Aim of the exercise – Please return all of the data exactly as written.

Data extract –
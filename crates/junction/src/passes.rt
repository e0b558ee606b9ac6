//! The calls that hand passes out and in: take, leave and void.
ghost use Rattle.std.specs.Prelude.{◌≡◌, ℕ};
ghost use Rattle.junction.specs.Calls.{take_answers, take_leaves, leave_answers, leave_leaves, void_answers, LeaveFollows};
ghost use Rattle.junction.specs.TakeLeave.{take_leave_answers, take_leave_leaves};

use crate::counts::Note;
use crate::pass::Pass;
use crate::state::Junction;
use crate::stations::Station;
use boards::Board;
use disciplines::Discipline;
use steps::{MERGING, Outcome, RELEASE, Refusal};

impl<D: Discipline, B: Board> Junction<D, B> {
    /// The pass of a station that has arrived on the merge; once for each arrival. A leave with it, next, is accepted.
    pub fn take(&mut self, p: usize) -> Result<Pass, Refusal>
        ensures answers { result ≡ take_answers D.table B.meaning self.old p }
        ensures leaves { self.new ≡ take_leaves D.table B.meaning self.old p }
        ensures good { LeaveFollows D.table B.meaning self.new p result }
    {
        let slot = self.slot(p)?;
        let station = self.stations.get(slot);
        if station.rec.place != MERGING || station.taken {
            return Err(Refusal::NoPass);
        }
        let next = Station {
            taken: true,
            ..station
        };
        self.stations.put(slot, next);
        Ok(Pass {
            name: self.name,
            station: p,
            arrival: station.arrivals,
        })
    }

    /// Leaves the merge with the current pass of its station. A refused leave hands the pass back.
    pub fn leave(&mut self, pass: Pass) -> Result<Outcome, (Pass, Refusal)>
        ensures answers { result ≡ leave_answers D.table B.meaning self.old pass }
        ensures leaves { self.new ≡ leave_leaves D.table B.meaning self.old pass }
    {
        let Ok(slot) = self.slot(pass.station) else {
            return Err((pass, Refusal::NoStation));
        };
        let station = self.stations.get(slot);
        if pass.name != self.name || !pass.is_current(station) {
            return Err((pass, Refusal::NotCurrent));
        }
        pass.end();
        let note = Note::by_leave(Self::holds(station.rec.place));
        let rec = station.rec.to(RELEASE);
        self.step(slot, Station { rec, ..station }, note);
        Ok(Outcome::Accepted)
    }

    /// Takes the pass of a station and leaves with it. A leave with a pass just taken is never refused.
    pub fn take_and_leave(&mut self, p: usize) -> Result<Outcome, Refusal>
        ensures answers { result ≡ take_leave_answers D.table B.meaning self.old p }
        ensures leaves { self.new ≡ take_leave_leaves D.table B.meaning self.old p }
    {
        let pass = self.take(p)?;
        Ok(self.leave(pass).unwrap())
    }

    /// Hands in a pass that is no longer current. A refused void hands it back.
    pub fn void(&self, pass: Pass) -> Result<Outcome, (Pass, Refusal)>
        ensures { result ≡ void_answers D.table B.meaning self.now pass }
    {
        let Ok(slot) = self.slot(pass.station) else {
            return Err((pass, Refusal::NoStation));
        };
        let station = self.stations.get(slot);
        if pass.name != self.name || pass.is_current(station) {
            return Err((pass, Refusal::StillCurrent));
        }
        pass.end();
        Ok(Outcome::Accepted)
    }
}
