//! A junction: stations that share one merge, by a discipline, over a board.
#![tactic(auto)]

mod calls;
mod counts;
mod making;
mod pass;
mod passes;
mod state;
mod stations;
mod telling;
mod wires;

pub use counts::Totals;
pub use making::{Unfit, check_number};
pub use numbers::Numbered;
pub use pass::Pass;
pub use state::Junction;
pub use steps::{Outcome, Refusal};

Response –
filename crates/junction/src/passes.rt
repository e0b558ee606b9ac6
//! The calls that hand passes out and in: take, leave and void.
ghost use Rattle.std.specs.Prelude.{◌≡◌, ℕ};
ghost use Rattle.junction.specs.Calls.{take_answers, take_leaves, leave_answers, leave_leaves, void_answers, LeaveFollows};
ghost use Rattle.junction.specs.TakeLeave.{take_leave_answers, take_leave_leaves};

use crate::counts::Note;
use crate::pass::Pass;
use crate::state::Junction;
use crate::stations::Station;
use boards::Board;
use disciplines::Discipline;
use steps::{MERGING, Outcome, RELEASE, Refusal};

impl<D: Discipline, B: Board> Junction<D, B> {
    /// The pass of a station that has arrived on the merge; once for each arrival. A leave with it, next, is accepted.
    pub fn take(&mut self, p: usize) -> Result<Pass, Refusal>
        ensures answers { result ≡ take_answers D.table B.meaning self.old p }
        ensures leaves { self.new ≡ take_leaves D.table B.meaning self.old p }
        ensures good { LeaveFollows D.table B.meaning self.new p result }
    {
        let slot = self.slot(p)?;
        let station = self.stations.get(slot);
        if station.rec.place != MERGING || station.taken {
            return Err(Refusal::NoPass);
        }
        let next = Station {
            taken: true,
            ..station
        };
        self.stations.put(slot, next);
        Ok(Pass {
            name: self.name,
            station: p,
            arrival: station.arrivals,
        })
    }

    /// Leaves the merge with the current pass of its station. A refused leave hands the pass back.
    pub fn leave(&mut self, pass: Pass) -> Result<Outcome, (Pass, Refusal)>
        ensures answers { result ≡ leave_answers D.table B.meaning self.old pass }
        ensures leaves { self.new ≡ leave_leaves D.table B.meaning self.old pass }
    {
        let Ok(slot) = self.slot(pass.station) else {
            return Err((pass, Refusal::NoStation));
        };
        let station = self.stations.get(slot);
        if pass.name != self.name || !pass.is_current(station) {
            return Err((pass, Refusal::NotCurrent));
        }
        pass.end();
        let note = Note::by_leave(Self::holds(station.rec.place));
        let rec = station.rec.to(RELEASE);
        self.step(slot, Station { rec, ..station }, note);
        Ok(Outcome::Accepted)
    }

    /// Takes the pass of a station and leaves with it. A leave with a pass just taken is never refused.
    pub fn take_and_leave(&mut self, p: usize) -> Result<Outcome, Refusal>
        ensures answers { result ≡ take_leave_answers D.table B.meaning self.old p }
        ensures leaves { self.new ≡ take_leave_leaves D.table B.meaning self.old p }
    {
        let pass = self.take(p)?;
        Ok(self.leave(pass).unwrap())
    }

    /// Hands in a pass that is no longer current. A refused void hands it back.
    pub fn void(&self, pass: Pass) -> Result<Outcome, (Pass, Refusal)>
        ensures { result ≡ void_answers D.table B.meaning self.now pass }
    {
        let Ok(slot) = self.slot(pass.station) else {
            return Err((pass, Refusal::NoStation));
        };
        let station = self.stations.get(slot);
        if pass.name != self.name || pass.is_current(station) {
            return Err((pass, Refusal::StillCurrent));
        }
        pass.end();
        Ok(Outcome::Accepted)
    }
}
//! A junction: stations that share one merge, by a discipline, over a board.
#![tactic(auto)]

mod calls;
mod counts;
mod making;
mod pass;
mod passes;
mod state;
mod stations;
mod telling;
mod wires;

pub use counts::Totals;
pub use making::{Unfit, check_number};
pub use numbers::Numbered;
pub use pass::Pass;
pub use state::Junction;
pub use steps::{Outcome, Refusal};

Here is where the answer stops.